The work of Diana Thorneycroft will be on display for the first time in France at The Canadian Cultural Center until September 9, 2011. Born in 1956, Diana Thorneycroft lives and works in Winnipeg, Manitoba. Although the selection on display here represents her first individual exhibition in France, Thorneycraft enjoys international recognition (with exhibitions in Canada, the United States, Europe, Tokyo and Sydney…).

Diana Thorneycroft’s Extraordinary Stories. Caustic Landscapes of the Canadian Imaginary is the title of the exhibition at the Cultural Canadian Center gathering works from her photographic series “Group of Seven Awkward Moments”, including 20 pictures that marked the Canadian art scene (the magazine “Canadian Art” considered this series one of the ten best exhibits in Canada in 2008). This series is accompanied by older works, no less joyously iconoclast, entitled “The Canadian Martyrdom Series". Through these lively and narrative pictures, Diana Thorneycroft takes an ironic and unforgiving look at “national identity and sacred truths of her country”.
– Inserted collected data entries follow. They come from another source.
/// What a receive, and a send, of a 0.3 socket make. They ask for nothing but two marks.
///
/// - `receives`, `sends`: an end and its result slot, which have the next two handles, whose marks
///   name the socket's as their parent, and the socket's network socket. Of a connected socket
///   whose half wasn't taken before, the half is the socket's record's from then on: the end is
///   open, and the slot unfilled. Else the end is closed, the socket is unchanged, and the slot has
///   the code of a closed socket, or `invalid-state`.
/// - `receive_stays`, `send_stays`: neither is refused.
/// - `receive_full`, `send_full`: with no room for one of the handles the half was taken all the
///   same, and the slot has its record; the end's handle is there where only that of the slot has
///   no room.
pub fn p3_ends_are_made()
    ensures receives { (contexts : List WasiSocketsCtx) (m : Machine) (line ctx handle : ℕ)
        (entries : List Entry) (fields : List Field) (after : Machine)
        → Answered contexts m line (Step.Call ctx (GuestCall.P3Tcp (P3TcpCall.Receive handle))) entries
        (Reply.Ok fields) after
        → OfTcp3 m handle (λ place r. MakesEnd m (own_of line) ShutdownType.Receive handle place r
        entries fields after) }
    ensures sends { (contexts : List WasiSocketsCtx) (m : Machine) (line ctx handle : ℕ)
        (entries : List Entry) (fields : List Field) (after : Machine)
        → Answered contexts m line (Step.Call ctx (GuestCall.P3Tcp (P3TcpCall.Send handle))) entries
        (Reply.Ok fields) after
        → OfTcp3 m handle (λ place r. MakesEnd m (own_of line) ShutdownType.Send handle place r
        entries fields after) }
    ensures receive_stays { (contexts : List WasiSocketsCtx) (m : Machine) (line ctx handle : ℕ)
        (entries : List Entry) (word : CodeWord) (after : Machine)
        → Answered contexts m line (Step.Call ctx (GuestCall.P3Tcp (P3TcpCall.Receive handle))) entries
        (Reply.Err word) after
        → ⊥ }
    ensures send_stays { (contexts : List WasiSocketsCtx) (m : Machine) (line ctx handle : ℕ)
        (entries : List Entry) (word : CodeWord) (after : Machine)
        → Answered contexts m line (Step.Call ctx (GuestCall.P3Tcp (P3TcpCall.Send handle))) entries
        (Reply.Err word) after
        → ⊥ }
    ensures receive_full { (contexts : List WasiSocketsCtx) (m : Machine) (line ctx handle : ℕ)
        (entries : List Entry) (after : Machine)
        → Answered contexts m line (Step.Call ctx (GuestCall.P3Tcp (P3TcpCall.Receive handle))) entries
        (Reply.Trap TrapKind.Full) after
        → OfTcp3 m handle (λ place r. LacksRoomForEnd m (own_of line) ShutdownType.Receive handle
        place r entries after) }
    ensures send_full { (contexts : List WasiSocketsCtx) (m : Machine) (line ctx handle : ℕ)
        (entries : List Entry) (after : Machine)
        → Answered contexts m line (Step.Call ctx (GuestCall.P3Tcp (P3TcpCall.Send handle))) entries
        (Reply.Trap TrapKind.Full) after
        → OfTcp3 m handle (λ place r. LacksRoomForEnd m (own_of line) ShutdownType.Send handle
        place r entries after) }
{}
These reconstructed visual stories combine plastic characters in fantasy settings provoking a voluntarily subversive and “iconoclastic” vision of Canada. She toys with “feelings of national identity, revealing their artificial nature”. The artificial settings with their natural lighting are visual lies, sending the spectator towards a world of tourism, frozen but reassuring, domestic but entertaining.”
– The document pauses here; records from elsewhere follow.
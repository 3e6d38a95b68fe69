//! What needs all of the host: drops of handles, pollables, the turn of jobs, and pending calls.
#![tactic(auto)]

mod cancelling;
mod dropping;
mod jobs;
pub mod pending;
mod pollables;
pub mod polling;

pub use cancelling::cancel;
pub use dropping::drop_handle;
pub use jobs::turn;
pub use pending::{Outcome, resume};
pub use pollables::{ready, subscribe};
pub use polling::{block, poll};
“Group of Seven Awkward Moments" is, however, inspired by the famous picture of the “Group of Seven”.

This group of painter-explorers sought to invent a “new style”, highlighting the wild nature of Canada, definitively distancing it from the European art featured in Canadian museums. “Their landscapes, made with bright colors and large strokes were designed, in the 1920’s, to represent a distinct identity, evocative of Canadian national sentiment.”

For Diana Thorneycroft, the wild nature idealized in “The Group of Seven” becomes paradoxically stained by “embarrassing events” where true events, customs, taboos and stereotypes come together.
As for the martyrs of the “The Canadian Martyrdom Series”, they are Canadian cultural celebrities, cynically represented by plastic toys, “their absurdity breaking with the ordinariness of violence created by widespread images in mass media.”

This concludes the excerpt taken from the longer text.